Oleh karena pentingnya penyucian jiwa tersebut, maka setiap muslim yang ingin memperbaiki diri wajib memperhatikannya dengan sungguh-sungguh, memaksa jiwanya untuk mewujudkan tujuan yang terpuji ini dalam kehidupannya, sehingga dia beruntung di dunia dan akhirat, serta menikmati kebahagiaan yang hakiki.
Sesungguhnya, jiwa seorang muslim memiliki hak, sebagaimana sabda Nabi shallallahu ‘alaihi wa sallam,

وإن لنفسك عليك حقا

“Sesungguhnya jiwamu memiliki hak atas dirimu.”
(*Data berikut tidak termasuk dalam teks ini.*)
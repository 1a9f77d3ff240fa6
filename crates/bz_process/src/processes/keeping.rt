//! What is kept of processes ahead of their addresses, and what is forgotten.

ghost use Rattle.std.specs.Prelude.{◌≡◌};
ghost use Rattle.bz_process.specs.Caching.{caching_of};
ghost use Rattle.bz_process.specs.CachingCall.{CachesProcess};
ghost use Rattle.bz_process.specs.Forgetting.{without_path, without_process};

use super::Processes;
use crate::caching::{ProcessCaching, cache_process};
use crate::dispatch::ProcessDispatch;
use bz_base::{Pid, Result};
use bz_files::Files;
use std::alloc::Global;

impl<D: ProcessDispatch + Drop> Processes<D> {
    /// Keeps what answers for a process ahead of its addresses. Where its mappings are asked for, those
    /// that lie there are kept. Where its perf map is asked for, its id is remembered. The perf map is
    /// then looked at as if it weren't pinned, and pinned. One that is absent is pinned at the version
    /// that is held, if one is. NotFound: the mappings or the status are absent. PermissionDenied,
    /// InvalidData: the mappings, the status or the perf map may not be read, or isn't in its format.
    /// ReadFault: a file failed. OutOfMemory: memory ran out. Mappings come first, then the status,
    /// then the perf map, and the first that can't be had refuses. After a refusal all that is kept is
    /// as before.
    pub fn cache<F: Files>(
        &mut self,
        alloc: Global,
        files: &mut F,
        request: &ProcessCaching,
    ) -> Result<()>
        ensures { CachesProcess F.Files (caching_of (F.pid files.old) request.now) result self.old self.new files.old files.new }
    {
        cache_process(
            &mut self.answering.perf_maps,
            &mut self.mappings,
            alloc,
            files,
            request,
        )
    }

    /// Forgets a process: its kept mappings, its id, and the perf map at the path kept beside the id.
    /// It takes no memory.
    pub fn evict_process(&mut self, pid: Pid)
        ensures { self.new ≡ without_process pid self.old }
    {
        let _mapped = self.mappings.remove(&pid);
        self.answering.perf_maps.forget(&pid);
    }

    /// Forgets the dispatcher's answers for files with the path, their own or the one that stands for
    /// their mapping. It takes no memory.
    pub fn forget_path(&mut self, path: &str)
        ensures { self.new ≡ without_path path.now self.old }
    {
        self.answering.dispatching.forget(path);
    }
}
Sungguh keliru orang yang menyangka bahwa hak jiwa tersebut adalah dengan bersikap keras kepadanya dan menghalanginya dari fitrah yang telah ditetapkan oleh Allah Ta’ala. Sebagaimana juga keliru orang yang menyangka bahwa hak jiwa tersebut adalah dengan meremehkan dan abai memperbaiki, serta membiarkannya tenggelam dalam syahwat.

Sangatlah jauh dari kebenaran, penyucian jiwa bukanlah semacam itu. Bahkan, penyucian jiwa itu adalah dengan menempuh jalan-jalan syariat, dengan sikap pertengahan, tanpa disertai sikap berlebih-lebihan (ifraath) dan sikap meremehkan (tafriith). Akan tetapi, penyucian jiwa itu adalah dengan berpegang teguh dengan petunjuk Rasulullah shallallahu ‘alaihi wa sallam dan jalannya yang lurus.

Penulis (Syaikh ‘Abdurrazaq bin ‘Abdul Muhsin Al-Badr hafidzahullah) akan menyebutkan sepuluh kaidah penting dalam kitab yang ringkas ini, yang akan membantu seorang muslim dalam menyucikan, memperbaiki dan membersihkan jiwa dari segala hal yang akan mengotorinya.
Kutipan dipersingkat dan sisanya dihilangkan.